Zur Dauergewalt in den östlichen Provinzen ist nun ein zweiter Konfliktherd hinzugekommen: Im Zentrum des Landes, in der Kasai-Region, erhält eine Rebellengruppe namens Kamuina Nsapu immer mehr Zulauf. Sie bekämpft die kongolesische Regierung, seit die Armee im vergangenen August ihren Anführer erschossen hat. Der Aufstand hat sich zu einem veritablen Krieg gegen den Staat und seine Vertreter entwickelt - und der schlägt offenbar mit voller Wucht zurück. Im Februar zirkulierten Videos in den sozialen Netzwerken, die Regierungssoldaten zeigen sollen, wie sie Zivilisten in Kasai erschießen. Immer wieder kommt es zu Massakern in der Region; mal an den Milizionären, mal an Polizisten. Vor wenigen Wochen wurden in der Region Massengräber entdeckt.

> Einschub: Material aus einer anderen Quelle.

//! A pair is taken out.

ghost use Rattle.std.specs.Prelude.{◌≡◌, ◌≢◌, ◌⊎◌, ◌+◌, ◌<◌, ◌≤◌, ℕ, [], length, Option, None, IfSome, IfNone, IfOk, true, false, is_some, Some, IfErr};
ghost use Rattle.prcu_model.specs.declared.operation.Op.TheVariants.{Del};
ghost use Rattle.core_points.specs.declared.stage.Stage.TheVariants as at;
ghost use Rattle.core_points.specs.Programs.{deleting};
ghost use Rattle.core_state.specs.declared.words.Field.TheVariants.{Value};
ghost use Rattle.core_state.specs.Views.{known_in, known_under};
ghost use Rattle.seat_table.specs.Gains.{IsInformed};
ghost use Rattle.seat_table.specs.Sections.{HasMade};
ghost use Rattle.seat_table.specs.Seats.{AreListed, IsQuietSeat, shape_of};
ghost use Rattle.tree_points.specs.Points.{IsAt, IsDone};
ghost use Rattle.citrus_tree.specs.Deletes.{BeginsByLookup, KeepsRest, HasDeleted, HasMadeRoom, IsReadyToDelete, DelsAtOnce, DelGaveWay, FoundExpected, FoundOther, GaveWayAtOnce, RetiresBy, StandsAt, Comes, IfDiffers, IfTold, IfTwo, KeepsAll, Removes, TellsTaken, DelTells, KeepsWaits, HasTwo, FoundTwoChildren, WaitsOnceAtMost, removed_of};
ghost use Rattle.citrus_tree.specs.Going.{GivesNoneBack, IsExpected, IsOther, MayBegin, KeepsSeat, KeepsSlots, KeepsWait};
ghost use Rattle.citrus_tree.specs.Lookups.{Looked, told_of};
ghost use Rattle.citrus_tree.specs.Replies.{RetiresInOrder, TellsValue};

mod bypass;
mod locks;
mod shift;
mod target;

use crate::answer::answered;
use crate::lookup::look_up;
use crate::replace::is_other;
use bypass::bypass;
use core_points::stage::{Node, Successor, Target};
use locks::{lock_target, unlock_target, validate};
use node_slots::Taken;
use node_slots::patient::{reclaim, take};
use patience::Patience;
use prcu_marks::{Gate, Point};
use prcu_model::{Reply, Told};
use seat_table::{CitrusTable, Part, Seat, WaitPart, steps};
use shift::shift;
use target::find_target;

/// What a `remove` came to.
#[derive(Clone, Copy, Debug, PartialEq, Eq)]
pub enum Removed {
    /// The pair was taken out by the update of this number. Until then the key had this value.
    Gone { number: u64, value: u64 },
    /// The key had another value than the expected one, this one.
    Differs { found: u64 },
    /// The key was absent.
    Absent,
}

/// What a delete came to.
#[derive(Clone, Copy)]
enum Outcome {
    /// It is told this, and the value of the pair that it took out, where that was loaded.
    Told { told: Told, value: Option<u64> },
    /// The node has two children, and is left as it is.
    TwoChildren,
    /// The key had another value than the expected one, this one.
    Differs { found: u64 },
}

/// The number of an update that took a pair out, and the pair's value where it was loaded.
#[derive(Clone, Copy)]
struct Deleted {
    number: u64,
    value: Option<u64>,
}

/// How a delete is made.
#[derive(Clone, Copy)]
struct Manner {
    /// Whether it tells the value of the pair.
    tells_value: bool,
    /// The one value with which the pair is taken out, if there is one.
    expected: Option<u64>,
    /// Whether a node with two children is left as it is.
    leaves_two: bool,
}

/// Takes the key's pair out, where the key is present: `Gone` with the update's position. The slot that it took out is listed as retired,
/// and behind it the old successor, where the node had two children. `Absent` as at `get`. It waits for the holders of the locks of the
/// nodes that it touches, and for other updates. Where the node has two children it waits too, after its update, for the open sections
/// whose keys lie above the key and up to the next one. Before its first search it may wait for all open sections, but only where its place
/// has room for one more retired slot at most at the call, or has no spare then and no slot is free for one. It answers busy where a lock is
/// taken, or a node isn't as the search left it, or where it would wait for all open sections, and its patience would rather be called again:
/// then it made no update.
pub fn del<P: Patience, W: WaitPart, G: Gate>(
    patience: &P,
    table: &CitrusTable<W>,
    seat: &mut Seat<W>,
    gate: &G,
    key: u64,
) -> Result<Result<Told, P::Busy>, P::Tired>
    requires table { seat.old.table ≡ table.now }
    requires quiet { IsQuietSeat seat.old }
    requires tickets { 4 ≤ seat.old.view.allowance.tickets }
    ensures table { seat.new.table ≡ seat.old.table }
    ensures tells { IfOk result (λ answer. IfOk answer (λ told. DelTells (shape_of W.WAY table.now) seat.old key told seat.new)) }
    ensures busy { IfOk result (λ answer. IfErr answer (λ _. DelGaveWay (shape_of W.WAY table.now) seat.old key seat.new)) }
    ensures tired { IfErr result (λ _. HasMade (P.least patience.now) seat.new.view) }
{
    let manner = Manner {
        tells_value: false,
        expected: None,
        leaves_two: false,
    };
    match delete_so(patience, table, seat, gate, key, manner)? {
        Ok(Outcome::Told { told, .. }) => Ok(Ok(told)),
        Ok(Outcome::TwoChildren) => unreachable!(),
        Ok(Outcome::Differs { .. }) => unreachable!(),
        Err(busy) => Ok(Err(busy)),
    }
}

/// Takes the key's pair out as `del` does, where its value is the expected one if there is one: `Gone` with the value too, and the update's
/// position. `Differs` with the value that the key had at some time of the call, where that is another one: then it took no lock, but where
/// the value was replaced between its search and its lock. `Absent` as at `get`.
///
/// It makes a load more than a `del` under the node's lock, just before the update's first step, and with an expected value one more in its
/// section. A value that is replaced and put back between the two isn't told from one that stayed.
pub fn remove<P: Patience, W: WaitPart, G: Gate>(
    patience: &P,
    table: &CitrusTable<W>,
    seat: &mut Seat<W>,
    gate: &G,
    key: u64,
    expected: Option<u64>,
) -> Result<Result<Removed, P::Busy>, P::Tired>
    requires table { seat.old.table ≡ table.now }
    requires quiet { IsQuietSeat seat.old }
    requires tickets { 4 ≤ seat.old.view.allowance.tickets }
    ensures table { seat.new.table ≡ seat.old.table }
    ensures removes { IfOk result (λ answer. IfOk answer
        (λ removed. Removes (shape_of W.WAY table.now) seat.old key expected removed seat.new)) }
    ensures keeps { IfOk result (λ _. KeepsSeat 4 seat.old seat.new) }
    ensures busy { IfOk result (λ answer. IfErr answer (λ _. DelGaveWay (shape_of W.WAY table.now) seat.old key seat.new)) }
    ensures tired { IfErr result (λ _. HasMade (P.least patience.now) seat.new.view) }
{
    match remove_so(patience, table, seat, gate, key, expected, false)? {
        Ok(Some(removed)) => Ok(Ok(removed)),
        Ok(None) => unreachable!(),
        Err(busy) => Ok(Err(busy)),
    }
}

/// Takes the key's pair out as `remove` does, where its node has one child at most: then it waits for no reader once it has a spare, and room
/// for two more retired slots. `None` where its search found two children at the node, and no other value than the expected one: it made no
/// update then and holds nothing, and the node is to be turned down first.
pub fn remove_by_bypass<P: Patience, W: WaitPart, G: Gate>(
    patience: &P,
    table: &CitrusTable<W>,
    seat: &mut Seat<W>,
    gate: &G,
    key: u64,
    expected: Option<u64>,
) -> Result<Result<Option<Removed>, P::Busy>, P::Tired>
    requires table { seat.old.table ≡ table.now }
    requires quiet { IsQuietSeat seat.old }
    requires tickets { 4 ≤ seat.old.view.allowance.tickets }
    ensures table { seat.new.table ≡ seat.old.table }
    ensures removes { IfOk result (λ answer. IfOk answer (λ outcome. IfSome outcome
        (λ removed. Removes (shape_of W.WAY table.now) seat.old key expected removed seat.new))) }
    ensures keeps { IfOk result (λ _. KeepsSeat 4 seat.old seat.new) }
    ensures two { IfOk result (λ answer. IfOk answer (λ outcome. IfNone outcome (FoundTwoChildren key seat.new.view))) }
    ensures seen { IfOk result (λ answer. IfOk answer (λ outcome. IfNone outcome (FoundExpected key expected seat.new.view))) }
    ensures left { IfOk result (λ answer. IfOk answer (λ outcome. IfNone outcome
        (DelGaveWay (shape_of W.WAY table.now) seat.old key seat.new))) }
    ensures busy { IfOk result (λ answer. IfErr answer (λ _. DelGaveWay (shape_of W.WAY table.now) seat.old key seat.new)) }
    ensures unwaited { IfOk result (λ _. WaitsOnceAtMost (shape_of W.WAY table.now) seat.old.view seat.new.view) }
    ensures tired { IfErr result (λ _. HasMade (P.least patience.now) seat.new.view) }
{
    remove_so(patience, table, seat, gate, key, expected, true)
}

// A remove. `None` where it leaves a node with two children as it is.
fn remove_so<P: Patience, W: WaitPart, G: Gate>(
    patience: &P,
    table: &CitrusTable<W>,
    seat: &mut Seat<W>,
    gate: &G,
    key: u64,
    expected: Option<u64>,
    leaves_two: bool,
) -> Result<Result<Option<Removed>, P::Busy>, P::Tired>
    requires table { seat.old.table ≡ table.now }
    requires quiet { IsQuietSeat seat.old }
    requires tickets { 4 ≤ seat.old.view.allowance.tickets }
    ensures table { seat.new.table ≡ seat.old.table }
    ensures removes { IfOk result (λ answer. IfOk answer (λ outcome. IfSome outcome
        (λ removed. Removes (shape_of W.WAY table.now) seat.old key expected removed seat.new))) }
    ensures keeps { IfOk result (λ _. KeepsSeat 4 seat.old seat.new) }
    ensures asked { IfOk result (λ answer. IfOk answer (λ outcome. IfNone outcome (leaves_two ≡ true))) }
    ensures two { IfOk result (λ answer. IfOk answer (λ outcome. IfNone outcome (FoundTwoChildren key seat.new.view))) }
    ensures seen { IfOk result (λ answer. IfOk answer (λ outcome. IfNone outcome (FoundExpected key expected seat.new.view))) }
    ensures left { IfOk result (λ answer. IfOk answer (λ outcome. IfNone outcome
        (DelGaveWay (shape_of W.WAY table.now) seat.old key seat.new))) }
    ensures busy { IfOk result (λ answer. IfErr answer (λ _. DelGaveWay (shape_of W.WAY table.now) seat.old key seat.new)) }
    ensures unwaited { IfOk result (λ _. leaves_two ≡ true → WaitsOnceAtMost (shape_of W.WAY table.now) seat.old.view seat.new.view) }
    ensures tired { IfErr result (λ _. HasMade (P.least patience.now) seat.new.view) }
{
    let manner = Manner {
        tells_value: true,
        expected,
        leaves_two,
    };
    match delete_so(patience, table, seat, gate, key, manner)? {
        Ok(Outcome::Told { told, value }) => Ok(Ok(Some(removed_of(told, value)))),
        Ok(Outcome::Differs { found }) => Ok(Ok(Some(Removed::Differs { found }))),
        Ok(Outcome::TwoChildren) => Ok(Ok(None)),
        Err(busy) => Ok(Err(busy)),
    }
}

Wie schlimm die Lage in Kasai tatsächlich ist, begriff die Weltöffentlichkeit allerdings erst, als vor zwei Wochen zwei UN-Ermittler aus den USA und Schweden spurlos verschwanden. Sie recherchierten zusammen mit vier kongolesischen Mitarbeitern in Kasai zu Menschenrechtsverletzungen und Waffenschmuggel. In der vergangenen Woche fanden UN-Soldaten schließlich zwei Leichen mit weißer Hautfarbe, eine davon geköpft. Kurz darauf bestätigten die Vereinten Nationen, dass es sich bei den Toten um die Ermittler Michael Sharp und Zaida Catalán handelt.

Die erschütternde Gewalt im Osten und im Zentrum des Kongo sind Symptome desselben Übels: der jahrzehntelangen politischen Krise des Landes. Die meisten Kongolesen misstrauen dem Staat und seinen Sicherheitskräften zutiefst - zu korrupt und unfähig ist die Regierung, zu gewalttätig und unberechenbar sind ihre Soldaten. Die UN-Mission ist unter solchen Umständen die einzige Instanz, die ein Minimum an Sicherheit und Vertrauen im Land herstellen könnte - gerade angesichts der geplanten Wahlen Ende des Jahres. Der Kongo braucht die Monusco, auch wenn manche Mitglieder des Sicherheitsrats das offenbar anders sehen.